Page 18 of Lady Like
“Harry, I’m just trying…” He presses his face into the crook of his elbow and Harry can hear the vibrations of the silent scream he releases into it. Then he drops his arm and says, “If you take her riding, you can stay with me until the coronation.”
Harry perks up like a tulip in water. “Here? In your house?”
Collin grits his teeth. “Yes, here.”
“Havoc too? And you promise you won’t make me wash any dishes?”
Collin rolls his eyes. “You’re such a child.”
“If you let me stay here, I will invite Miss Sergeant to go riding with me,” Harry says. “It’s not my fault if she doesn’t accept.”

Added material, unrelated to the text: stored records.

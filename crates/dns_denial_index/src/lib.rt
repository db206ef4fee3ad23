//! Indexes of NSEC and NSEC3 records: a search finds the one that `nsec_covering` or `nsec3_covering` finds by a scan of the list, and a
//! verdict is the one of that list (RFC 4035, 5.4; RFC 5155, 8). The layer above may use each call as the definition that its
//! clause names.
#![tactic(auto)]

mod keyed_nsec;
mod name_keys;
mod nsec3_index;
mod nsec3_verdict;
mod nsec_index;
mod nsec_verdict;
mod places;
mod spans;

pub use nsec_index::NsecIndex;
pub use nsec3_index::Nsec3Index;
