// Asking: the held count, and whole or not.
ghost use Rattle.std.specs.Prelude.{◌≡◌};
ghost use Rattle.held.proofs.Promise.{asked_by};
ghost use Rattle.channel.specs.Ask.{ask_spec};

use base::Refusal;
use held::Held;
use table::words;
use table::words::STATE_WORDS;

// How many chunks the map has, and whether it has all.
pub fn ask(state: &[u32], map: &[u32]) -> Result<Held, Refusal>
    ensures { asked_by result ≡ ask_spec state.now map.now }
{
    if state.len() < STATE_WORDS {
        return Err(Refusal::RoomTooSmall);
    }
    held::ask(words::length_in(state), map)
}
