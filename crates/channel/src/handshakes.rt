// A HANDSHAKE taken in: it opens a channel, or changes the row that it goes to.
ghost use Rattle.std.specs.Prelude.{◌≡◌, ◌≤◌, length};
ghost use Rattle.hash.proofs.Promise.{bytes_of};
ghost use Rattle.wire.proofs.Promise.{min_size, max_size};
ghost use Rattle.base.specs.Out.{out_by, len_of};
ghost use Rattle.channel.specs.World.{beside};
ghost use Rattle.channel.specs.Lent.{Kept, rooms_in, channels_in, world_in};
ghost use Rattle.channel.specs.Take.{ours, handshake_taken};

use crate::opening;
use crate::rooms::Rooms;
use base::Refusal;
use hash::value;
use hash::value::HashValue;
use table::rows::{Phase, Row};
use table::{answers, words};
use wire::bytes;
use wire::message::Options;

// Whether 32 bytes from a place of a datagram are the root's. `same` is `==`, told by the bytes, as `ours` has it.
fn is_root(root: HashValue, datagram: &[u8], at: usize) -> bool
    ensures { result ≡ ours (bytes_of root.words) datagram.now (Options.Fixed at) }
{
    if datagram.len() < 32 || datagram.len() - 32 < at {
        return false;
    }
    value::same(value::load(datagram, at), root)
}

// Whether a HANDSHAKE's options are the fixed ones around the order's root.
fn is_ours(root: HashValue, options: Options, datagram: &[u8]) -> bool
    ensures { result ≡ ours (bytes_of root.words) datagram.now options }
{
    match options {
        Options::Fixed { root: at } => is_root(root, datagram, at),
        Options::EndOnly | Options::Other => false,
    }
}

// A HANDSHAKE alone, of a datagram with its destination; the reply's length.
pub(crate) fn handshake(
    rooms: &mut Rooms<'_>,
    id: u32,
    source: u32,
    options: Options,
    datagram: &[u8],
) -> Result<usize, Refusal>
    requires max_size_in_bounds { max_size ≤ length rooms.old.reply.now }
    requires min_size_in_bounds { min_size ≤ length datagram.now }
    ensures kept { Kept rooms.old rooms.new }
    ensures out { out_by result (len_of result) (world_in rooms.new)
        ≡ beside (rooms_in rooms.old)
        (handshake_taken (channels_in rooms.old) id datagram.now source options) }
{
    let to = bytes::load32(datagram, 0);
    let state = &mut *rooms.state;
    let ours = is_ours(words::root_in(state), options, datagram);
    let i = answers::handshake_answer(state, to, source, ours, id)?;
    if to == 0 {
        let row = Row {
            phase: Phase::Open,
            id,
            peer: source,
            choked: false,
        };
        return Ok(opening::occupy(state, rooms.has, rooms.wants, rooms.reply, i, row));
    }
    let row = words::row_at(state, i).after(source);
    words::put_row(state, i, row);
    Ok(0)
}
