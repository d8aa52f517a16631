// The channels of a store: 01's entry points over eight lent rooms, the state's words among them. Any words, any
// rooms, any numbers and any bytes get an answer; a refusal changes nothing.
#![tactic(auto)]

pub mod asking; // ask: the held count, whole or not
pub mod datagrams; // begin a datagram, add a message to it
pub mod opening; // open a channel
pub mod outcome; // what a call gives back
pub mod rooms; // the eight lent rooms, and what refuses them: 12 and 11
pub mod starting; // start a store, build a whole one
pub mod taking; // take in a datagram
pub mod writing; // write the datagram of one chunk
mod handshakes; // a HANDSHAKE taken in
mod messages; // other messages taken in
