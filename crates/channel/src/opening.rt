// Opening a channel: by a call of ours, or by a peer's HANDSHAKE.
ghost use Rattle.std.specs.Prelude.{◌≡◌, ◌+◌, ◌*◌, ◌<◌, ◌≤◌, length};
ghost use Rattle.wire.proofs.Promise.{max_size};
ghost use Rattle.table.proofs.Promise.{row_count, lowest_free};
ghost use Rattle.base.specs.Out.{out_by, len_of};
ghost use Rattle.channel.specs.World.{channels_of, world_of, out_of, cleared_row, table_rows};
ghost use Rattle.channel.specs.Opening.{occupied, open_spec};

use crate::outcome::Outcome;
use crate::rooms::Sizes;
use table::rows::{Phase, Row};
use table::{answers, words};
use tree::pack;

// Clears row i of a room for what peers have or want, of n chunks.
fn clear_row(ws: &mut [u32], n: u32, i: usize)
    requires { i ≤ row_count }
    ensures { ws.new ≡ cleared_row n i ws.old }
{
    let words = bits::row_words(u64::from(n)) as usize;
    let from = words * i;
    bits::clear_words(ws, from, from + words);
}

// A channel in row i, the lowest free one; the reply is our HANDSHAKE, of this length. The rooms come one by one: `open`,
// which calls it, has no `Rooms`.
pub(crate) fn occupy(
    state: &mut [u32],
    has: &mut [u32],
    wants: &mut [u32],
    reply: &mut [u8],
    i: usize,
    row: Row,
) -> usize
    requires max_size_in_bounds { max_size ≤ length reply.old }
    requires i_value { (i ≡ lowest_free (table_rows state.old)) × (i < row_count) }
    ensures { out_of 0 result
        (channels_of state.new has.new wants.new reply.new)
        ≡ occupied
        (channels_of state.old has.old wants.old reply.old)
        row }
{
    let n = pack::chunk_count(words::length_in(state));
    let root = words::root_in(state);
    let format = words::format_in(state);
    clear_row(has, n, i);
    clear_row(wants, n, i);
    let sent = replies::handshake(reply, format, row.peer, row.id, root);
    words::put_row(state, i, row);
    sent
}

// Opens a channel under an ID: it calls, and the reply is our HANDSHAKE to channel 0, of this length.
// The rooms one by one: (a) C lends the pack's four `const` (ppspp_open).
pub fn open(
    state: &mut [u32],
    chunks: &[u8],
    map: &[u32],
    hashes: &[u32],
    trusted: &[u32],
    has: &mut [u32],
    wants: &mut [u32],
    reply: &mut [u8],
    id: u32,
) -> Outcome
    ensures { out_by result (len_of result)
        (world_of state.new chunks.now map.now hashes.now
        trusted.now has.new wants.new reply.new)
        ≡ open_spec
        (world_of state.old chunks.now map.now hashes.now
        trusted.now has.old wants.old reply.old)
        id }
{
    let length = words::length_in(state);
    Sizes::of(state, chunks, map, hashes, trusted, has, wants, reply).own_answer(length)?;
    let i = answers::open_answer(state, id)?;
    let row = Row {
        phase: Phase::Calling,
        id,
        peer: 0,
        choked: false,
    };
    Ok(occupy(state, has, wants, reply, i, row))
}
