// The eight lent rooms, their sizes, and what refuses a call by these alone: 12 and 11.
ghost use Rattle.std.specs.Prelude.{◌≡◌, nat_lt};
ghost use Rattle.base.specs.Out.{Answers};
ghost use Rattle.base.specs.Pick.{pick};
ghost use Rattle.table.proofs.Promise.{state_words, order_in};
ghost use Rattle.channel.specs.World.{world_of, order_format};
ghost use Rattle.channel.specs.Lent.{world_in};
ghost use Rattle.channel.specs.Answers.{method_answer, channel_rooms_answer, own_rooms_answer};
ghost use Rattle.channel.specs.Sizes.{sizes_of, all_answer, own_answer, built_answer};

use base::Refusal;
use format::Format;
use order::Order;
use store::answers;
use table::rows::ROWS;
use table::words;
use table::words::STATE_WORDS;
use wire::limits::MAX_SIZE;

// The rooms of a store: the words of its state, its pack's four rooms, what the peers have and want, and the reply.
#[derive(Drop)]
pub struct Rooms<'a> {
    pub state: &'a mut [u32],
    pub chunks: &'a mut [u8],
    pub map: &'a mut [u32],
    pub hashes: &'a mut [u32],
    pub trusted: &'a mut [u32],
    pub has: &'a mut [u32],
    pub wants: &'a mut [u32],
    pub reply: &'a mut [u8],
}

impl Rooms<'_> {
    // They suffice for the store's own order.
    pub(crate) fn own_answer(&self) -> Result<(), Refusal>
        ensures { Answers result (own_rooms_answer (world_in self.now)) }
    {
        let length = words::length_in(self.state);
        Sizes::of(
            self.state,
            self.chunks,
            self.map,
            self.hashes,
            self.trusted,
            self.has,
            self.wants,
            self.reply,
        )
        .own_answer(length)
    }

    // The store's order.
    pub(crate) fn order(&self) -> Order
        ensures { result ≡ order_in self.now.state.now }
    {
        words::order_in(self.state)
    }

    // What the order settles of a datagram's form.
    pub(crate) fn format(&self) -> Format
        ensures { result ≡ order_format self.now.state.now }
    {
        words::format_in(self.state)
    }
}

// The sizes of the eight rooms: of the chunks and the reply in bytes, of the others in words.
#[derive(Clone, Copy)]
pub struct Sizes {
    pub state: usize,
    pub store: answers::Sizes,
    pub has: usize,
    pub wants: usize,
    pub reply: usize,
}

impl Sizes {
    // The sizes of these rooms.
    pub fn of(
        state: &[u32],
        chunks: &[u8],
        map: &[u32],
        hashes: &[u32],
        trusted: &[u32],
        has: &[u32],
        wants: &[u32],
        reply: &[u8],
    ) -> Sizes
        ensures { result ≡ sizes_of
            (world_of state.now chunks.now map.now hashes.now trusted.now has.now wants.now reply.now) }
    {
        Sizes {
            state: state.len(),
            store: answers::Sizes::of(chunks, map, hashes, trusted),
            has: has.len(),
            wants: wants.len(),
            reply: reply.len(),
        }
    }

    // The rooms for the state, for what the peers have and want, and for the reply suffice for a pack of this length.
    fn channels_answer(self, length: u32) -> Result<(), Refusal>
        ensures { Answers result (channel_rooms_answer length self.state self.has self.wants self.reply) }
    {
        let row = bits::row_words(u64::from(tree::pack::chunk_count(length)));
        let words = ROWS as u64 * row;
        if STATE_WORDS <= self.state
            && words <= self.has as u64
            && words <= self.wants as u64
            && MAX_SIZE <= self.reply
        {
            return Ok(());
        }
        Err(Refusal::RoomTooSmall)
    }

    // All eight suffice for a pack of this length, which may be ordered.
    pub fn order_answer(self, length: u32) -> Result<(), Refusal>
        ensures { Answers result (all_answer length self) }
    {
        self.store.order_answer(length)?;
        self.channels_answer(length)
    }

    // The same under the store's own order, which words that are too few for a state do not have.
    pub fn own_answer(self, length: u32) -> Result<(), Refusal>
        ensures { Answers result (own_answer length self) }
    {
        if self.state < STATE_WORDS {
            return Err(Refusal::RoomTooSmall);
        }
        self.order_answer(length)
    }

    // The same for building, from a content of so many bytes.
    pub fn build_answer(self, length: u32, content: usize) -> Result<(), Refusal>
        ensures { Answers result (built_answer length content self) }
    {
        self.store.build_answer(length, content)?;
        self.channels_answer(length)
    }
}

// A paper gives this method. It is a number: C gives it, and one that is no method's is refused.
pub fn method_answer(method: u32) -> Result<(), Refusal>
    ensures { Answers result (method_answer method) }
{
    if format::is_method(method) {
        Ok(())
    } else {
        Err(Refusal::Order)
    }
}
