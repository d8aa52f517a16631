// Writing the datagram of one chunk on one channel.
ghost use Rattle.std.specs.Prelude.{◌≡◌};
ghost use Rattle.base.specs.Out.{Answers, out_by, len_of};
ghost use Rattle.channel.specs.World.{world_of};
ghost use Rattle.channel.specs.Write.{held_answer, write_spec};

use crate::outcome::Outcome;
use crate::rooms::Sizes;
use base::Refusal;
use table::{answers, words};
use tree::pack;
use tree::pack::CHUNK_SIZE;

// Chunk c is one of n, and held.
fn held_answer(n: u32, c: u32, map: &[u32]) -> Result<(), Refusal>
    ensures { Answers result (held_answer n c map.now) }
{
    if n <= c {
        return Err(Refusal::PastPack);
    }
    if !bits::test(map, c as usize) {
        return Err(Refusal::NotHeld);
    }
    Ok(())
}

// The datagram for chunk c on the channel of an ID, with the clock as its timestamp: the hashes that go out with it,
// then DATA; its length. The rooms one by one: (a) C lends all but the reply `const` (ppspp_write).
pub fn write(
    state: &[u32],
    chunks: &[u8],
    map: &[u32],
    hashes: &[u32],
    trusted: &[u32],
    has: &[u32],
    wants: &[u32],
    reply: &mut [u8],
    id: u32,
    c: u32,
    clock: u64,
) -> Outcome
    ensures { out_by result (len_of result)
        (world_of state.now chunks.now map.now hashes.now
        trusted.now has.now wants.now reply.new)
        ≡ write_spec
        (world_of state.now chunks.now map.now hashes.now
        trusted.now has.now wants.now reply.old)
        id c clock }
{
    let length = words::length_in(state);
    let n = pack::chunk_count(length);
    Sizes::of(state, chunks, map, hashes, trusted, has, wants, reply).own_answer(length)?;
    let i = answers::write_answer(state, id)?;
    held_answer(n, c, map)?;
    let peer = words::row_at(state, i).peer;
    let format = words::format_in(state);
    let from = CHUNK_SIZE as usize * c as usize;
    let end = from + pack::chunk_size(length, c) as usize;
    let chunk = &chunks[from..end];
    Ok(replies::chunk(reply, format, hashes, peer, n, c, clock, chunk))
}
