// Starting a store under an order, and building a whole one from its content.
ghost use Rattle.std.specs.Prelude.{◌≡◌};
ghost use Rattle.bits.proofs.Promise.{clear_words};
ghost use Rattle.store.proofs.Promise.{count_of};
ghost use Rattle.base.specs.Out.{out_by};
ghost use Rattle.channel.specs.World.{world_of};
ghost use Rattle.channel.specs.Answers.{peer_words};
ghost use Rattle.channel.specs.Starting.{start_spec, build_spec};

use crate::rooms;
use crate::rooms::Sizes;
use base::Refusal;
use order::Order;
use store::calls;
use table::rows::ROWS;
use table::words;

// Clears all rows of a room for what peers have or want, of a pack of this length: one call of `clear_words`.
fn clear_rows(ws: &mut [u32], length: u32)
    ensures { ws.new ≡ clear_words ws.old 0 (peer_words (count_of length)) }
{
    let row = bits::row_words(u64::from(tree::pack::chunk_count(length))) as usize;
    bits::clear_words(ws, 0, ROWS * row);
}

// Starts a store under an order. The words of the state need not be one.
// The rooms one by one: (a) C lends the chunks and the reply `const` (ppspp_start).
pub fn start(
    state: &mut [u32],
    chunks: &[u8],
    map: &mut [u32],
    hashes: &mut [u32],
    trusted: &mut [u32],
    has: &mut [u32],
    wants: &mut [u32],
    reply: &[u8],
    order: Order,
) -> Result<(), Refusal>
    ensures { out_by result 0
        (world_of state.new chunks.now map.new hashes.new
        trusted.new has.new wants.new reply.now)
        ≡ start_spec
        (world_of state.old chunks.now map.old hashes.old
        trusted.old has.old wants.old reply.now)
        order }
{
    rooms::method_answer(order.method)?;
    Sizes::of(state, chunks, map, hashes, trusted, has, wants, reply).order_answer(order.length)?;
    // The store refuses nothing now.
    calls::start(order, chunks, map, hashes, trusted).unwrap();
    clear_rows(has, order.length);
    clear_rows(wants, order.length);
    words::put_fresh(state, order);
    Ok(())
}

// Builds a whole store from its content, under an order whose root is not looked at: the root found takes its place.
// The rooms one by one: (a) C lends the reply `const` (ppspp_build).
pub fn build(
    state: &mut [u32],
    chunks: &mut [u8],
    map: &mut [u32],
    hashes: &mut [u32],
    trusted: &mut [u32],
    has: &mut [u32],
    wants: &mut [u32],
    reply: &[u8],
    order: Order,
    content: &[u8],
) -> Result<(), Refusal>
    ensures { out_by result 0
        (world_of state.new chunks.new map.new hashes.new
        trusted.new has.new wants.new reply.now)
        ≡ build_spec
        (world_of state.old chunks.old map.old hashes.old
        trusted.old has.old wants.old reply.now)
        order content.now }
{
    let length = order.length;
    rooms::method_answer(order.method)?;
    Sizes::of(state, chunks, map, hashes, trusted, has, wants, reply).build_answer(
        length,
        content.len(),
    )?;
    // The store refuses nothing now.
    let root = calls::build(length, chunks, map, hashes, trusted, content).unwrap();
    clear_rows(has, length);
    clear_rows(wants, length);
    words::put_fresh(state, Order { root, ..order });
    Ok(())
}
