// Taking in a datagram: its checks in 01's order, then its effects and its reply.
ghost use Rattle.std.specs.Prelude.{◌≡◌, ◌≤◌, length};
ghost use Rattle.wire.proofs.Promise.{max_size, Fronted};
ghost use Rattle.base.specs.Out.{out_by, len_of};
ghost use Rattle.channel.specs.Lent.{Kept, Ordered, world_in};
ghost use Rattle.channel.specs.Take.{layout_in, take_spec};
ghost use Rattle.channel.specs.Steps.{ruled_of, ruled_by};

use crate::messages::Data;
use crate::outcome::Taken;
use crate::rooms::Rooms;
use crate::{handshakes, messages};
use base::Refusal;
use format::Format;
use wire::layout::Layout;
use wire::limits::ENTRIES;
use wire::pass;
use wire::pass::Front;
use wire::survey::Survey;

// What a datagram of sound size comes to, unless it is refused: it is taken, with a reply of this length; or it has
// messages without DATA, which are still to be taken, with this survey.
#[derive(Clone, Copy)]
pub enum Ruling {
    Taken(usize),
    MessagesLeft(Survey),
}

// A datagram that has others than plain messages: its scratch is made here alone.
fn rule_behind(
    rooms: &mut Rooms<'_>,
    format: Format,
    clock: u64,
    id: u32,
    datagram: &[u8],
    front: Front,
) -> Result<Ruling, Refusal>
    requires ordered { Ordered rooms.old.state.now format }
    requires max_size_in_bounds { max_size ≤ length rooms.old.reply.now }
    requires fronted { Fronted format datagram.now front }
    ensures kept { Kept rooms.old rooms.new }
    ensures ruled { ruled_of result (world_in rooms.new)
        ≡ ruled_by (world_in rooms.old) clock id datagram.now
        (layout_in rooms.old.state.now datagram.now).layout }
{
    let mut entries = [0u64; ENTRIES];
    let pass = pass::rest(format, datagram, &mut entries, front)?;
    match pass.layout {
        Layout::HandshakeAlone { source, options } => {
            let sent = handshakes::handshake(rooms, id, source, options, datagram)?;
            Ok(Ruling::Taken(sent))
        }
        Layout::Messages { .. } => Ok(Ruling::MessagesLeft(pass.survey)),
        Layout::MessagesAndData {
            chunk,
            timestamp,
            start,
            len,
            entries: n,
        } => {
            let came = Data {
                chunk,
                timestamp,
                start,
                len,
            };
            let nodes = &entries[..n];
            let sent = messages::take_data(
                rooms,
                format,
                clock,
                came,
                nodes,
                datagram,
                pass.survey,
            )?;
            Ok(Ruling::Taken(sent))
        }
    }
}

// A datagram of sound size. Its messages, if it has no DATA, are left to the caller: they are taken at one place,
// which the compiler puts in line.
fn rule(
    rooms: &mut Rooms<'_>,
    format: Format,
    clock: u64,
    id: u32,
    datagram: &[u8],
    front: Front,
) -> Result<Ruling, Refusal>
    requires ordered { Ordered rooms.old.state.now format }
    requires max_size_in_bounds { max_size ≤ length rooms.old.reply.now }
    requires fronted { Fronted format datagram.now front }
    ensures kept { Kept rooms.old rooms.new }
    ensures ruled { ruled_of result (world_in rooms.new)
        ≡ ruled_by (world_in rooms.old) clock id datagram.now
        (layout_in rooms.old.state.now datagram.now).layout }
{
    if front.at == datagram.len() {
        return Ok(Ruling::MessagesLeft(front.survey));
    }
    rule_behind(rooms, format, clock, id, datagram, front)
}

// Takes in a datagram at a clock; `id` is for a channel that it may open. The reply's length.
pub fn take(rooms: &mut Rooms<'_>, clock: u64, id: u32, datagram: &[u8]) -> Taken
    ensures kept { Kept rooms.old rooms.new }
    ensures out { out_by result (len_of result) (world_in rooms.new)
        ≡ take_spec (world_in rooms.old) clock id datagram.now }
{
    rooms.own_answer()?;
    if !pass::has_size(datagram) {
        return Err(Refusal::DatagramSize);
    }
    let format = rooms.format();
    let front = pass::plain_front(format, datagram);
    match rule(rooms, format, clock, id, datagram, front)? {
        Ruling::Taken(sent) => Ok(sent),
        Ruling::MessagesLeft(survey) => messages::take_messages(rooms, format, datagram, survey),
    }
}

“Fine. Now go talk to her.” Collin claps her hard on the shoulder, steering her back toward the hall, then storms off to the kitchen, where Harry presumes he’ll put his head in the oven.
When Harry returns to the parlor, Emily’s cousin has vanished—presumably to find somewhere less chaotic to nap—and Havoc is trying to wedge himself under the couch to suck up an errant scone.
Miss Sergeant sits alone at the table, the teacups reset but empty.
She turns when Harry enters the room, and her face hardens.
“Would you go riding with me?” Harry asks with no inflection. “So Collin will be appeased?”
“Would I…” Emily turns back to the table and glares at the teapot. “Of course not.”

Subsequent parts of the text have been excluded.